==== AVAILABLE DATA ====

//! Why a status text is not taken.

ghost use Rattle.std.specs.Prelude.{◌≡◌};
ghost use Rattle.gear_status.specs.StatusRefusals as spec;

use byte_io::DeviceFault;
use refusal::{Label, Labelled};
use std::alloc::{AllocError, AllocFailed};
use thiserror::Error;

/// Why a status text is not taken. Lines are counted from 1.
///
/// The first faulty line decides. Within a line the order is `LineTooLong`, `TooManyLines`, `BadLine`, `BadNumber`.
#[derive(Clone, Copy, Debug, PartialEq, Eq, Error)]
pub enum StatusError {
    /// This line has fewer than three tabs.
    #[error("line {0} has fewer than three tabs")]
    BadLine(u32),
    /// A count of this line is not written in decimal digits alone, or is above 4,294,967,295.
    #[error("line {0} has a count that is no number up to 4294967295")]
    BadNumber(u32),
    /// This line has more than 4,096 bytes before its line feed, a carriage return counted.
    #[error("line {0} is longer than 4096 bytes")]
    LineTooLong(u32),
    /// Line 65,537 is not the period line.
    #[error("there are more than 65536 lines before the period line")]
    TooManyLines,
    /// The input ended before the line feed of the period line.
    #[error("the text ends before its period line")]
    Truncated,
    /// The source failed, or had nothing to give for the 65th time.
    #[error("the source failed, or was silent for too long")]
    ReadFault,
    /// A growth of the load or of the line that was being read was refused.
    #[error("out of memory")]
    Memory,
}

/// The number of a refusal is its place in the list of variants, from 1 to 7.
impl Labelled for StatusError {
    ghost use Rattle.gear_status.specs.StatusRefusals.{status_label};

    ghost label = { status_label };

    fn label(&self) -> Label {
        match self {
            StatusError::BadLine(_) => Label::new(1, "BadLine"),
            StatusError::BadNumber(_) => Label::new(2, "BadNumber"),
            StatusError::LineTooLong(_) => Label::new(3, "LineTooLong"),
            StatusError::TooManyLines => Label::new(4, "TooManyLines"),
            StatusError::Truncated => Label::new(5, "Truncated"),
            StatusError::ReadFault => Label::new(6, "ReadFault"),
            StatusError::Memory => Label::new(7, "Memory"),
        }
    }
}

impl StatusError {
    /// The line that is refused, counted from 1, if it is one line.
    pub fn line(self) -> Option<u32>
        ensures line { result ≡ spec.status_line_of self }
    {
        match self {
            StatusError::BadLine(line)
            | StatusError::BadNumber(line)
            | StatusError::LineTooLong(line) => Some(line),
            StatusError::TooManyLines
            | StatusError::Truncated
            | StatusError::ReadFault
            | StatusError::Memory => None,
        }
    }
}

impl From<AllocError> for StatusError {
    ghost use Rattle.gear_status.specs.declared.error.StatusError.TheVariants.{Memory};

    ghost from_gives = { λ _ f. f ≡ Memory };

    fn from(_: AllocError) -> StatusError {
        StatusError::Memory
    }
}

impl<T: Drop> From<AllocFailed<T>> for StatusError {
    ghost use Rattle.gear_status.specs.declared.error.StatusError.TheVariants.{Memory};

    ghost from_gives = { λ _ f. f ≡ Memory };

    fn from(_: AllocFailed<T>) -> StatusError {
        StatusError::Memory
    }
}

impl From<DeviceFault> for StatusError {
    ghost use Rattle.gear_status.specs.declared.error.StatusError.TheVariants.{ReadFault};

    ghost from_gives = { λ _ f. f ≡ ReadFault };

    fn from(_: DeviceFault) -> StatusError {
        StatusError::ReadFault
    }
}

====

→ WHAT THE EXERCISE ASKS: Print all the data exactly as shown above.

→ YOUR RESPONSE:
//! Why a status text is not taken.

ghost use Rattle.std.specs.Prelude.{◌≡◌};
ghost use Rattle.gear_status.specs.StatusRefusals as spec;

use byte_io::DeviceFault;
use refusal::{Label, Labelled};
use std::alloc::{AllocError, AllocFailed};
use thiserror::Error;

/// Why a status text is not taken. Lines are counted from 1.
///
/// The first faulty line decides. Within a line the order is `LineTooLong`, `TooManyLines`, `BadLine`, `BadNumber`.
#[derive(Clone, Copy, Debug, PartialEq, Eq, Error)]
pub enum StatusError {
    /// This line has fewer than three tabs.
    #[error("line {0} has fewer than three tabs")]
    BadLine(u32),
    /// A count of this line is not written in decimal digits alone, or is above 4,294,967,295.
    #[error("line {0} has a count that is no number up to 4294967295")]
    BadNumber(u32),
    /// This line has more than 4,096 bytes before its line feed, a carriage return counted.
    #[error("line {0} is longer than 4096 bytes")]
    LineTooLong(u32),
    /// Line 65,537 is not the period line.
    #[error("there are more than 65536 lines before the period line")]
    TooManyLines,
    /// The input ended before the line feed of the period line.
    #[error("the text ends before its period line")]
    Truncated,
    /// The source failed, or had nothing to give for the 65th time.
    #[error("the source failed, or was silent for too long")]
    ReadFault,
    /// A growth of the load or of the line that was being read was refused.
    #[error("out of memory")]
    Memory,
}

/// The number of a refusal is its place in the list of variants, from 1 to 7.
impl Labelled for StatusError {
    ghost use Rattle.gear_status.specs.StatusRefusals.{status_label};

    ghost label = { status_label };

    fn label(&self) -> Label {
        match self {
            StatusError::BadLine(_) => Label::new(1, "BadLine"),
            StatusError::BadNumber(_) => Label::new(2, "BadNumber"),
            StatusError::LineTooLong(_) => Label::new(3, "LineTooLong"),
            StatusError::TooManyLines => Label::new(4, "TooManyLines"),
            StatusError::Truncated => Label::new(5, "Truncated"),
            StatusError::ReadFault => Label::new(6, "ReadFault"),
            StatusError::Memory => Label::new(7, "Memory"),
        }
    }
}

impl StatusError {
    /// The line that is refused, counted from 1, if it is one line.
    pub fn line(self) -> Option<u32>
        ensures line { result ≡ spec.status_line_of self }
    {
        match self {
            StatusError::BadLine(line)
            | StatusError::BadNumber(line)
            | StatusError::LineTooLong(line) => Some(line),
            StatusError::TooManyLines
            | StatusError::Truncated
            | StatusError::ReadFault
            | StatusError::Memory => None,
        }
    }
}

impl From<AllocError> for StatusError {
    ghost use Rattle.gear_status.specs.declared.error.StatusError.TheVariants.{Memory};

    ghost from_gives = { λ _ f. f ≡ Memory };

    fn from(_: AllocError) -> StatusError {
        StatusError::Memory
    }
}

impl<T: Drop> From<AllocFailed<T>> for StatusError {
    ghost use Rattle.gear_status.specs.declared.error.StatusError.TheVariants.{Memory};

    ghost from_gives = { λ _ f. f ≡ Memory };

    fn from(_: AllocFailed<T>) -> StatusError {
        StatusError::Memory
    }
}

impl From<DeviceFault> for StatusError {
    ghost use Rattle.gear_status.specs.declared.error.StatusError.TheVariants.{ReadFault};

    ghost from_gives = { λ _ f. f ≡ ReadFault };

    fn from(_: DeviceFault) -> StatusError {
        StatusError::ReadFault
    }
}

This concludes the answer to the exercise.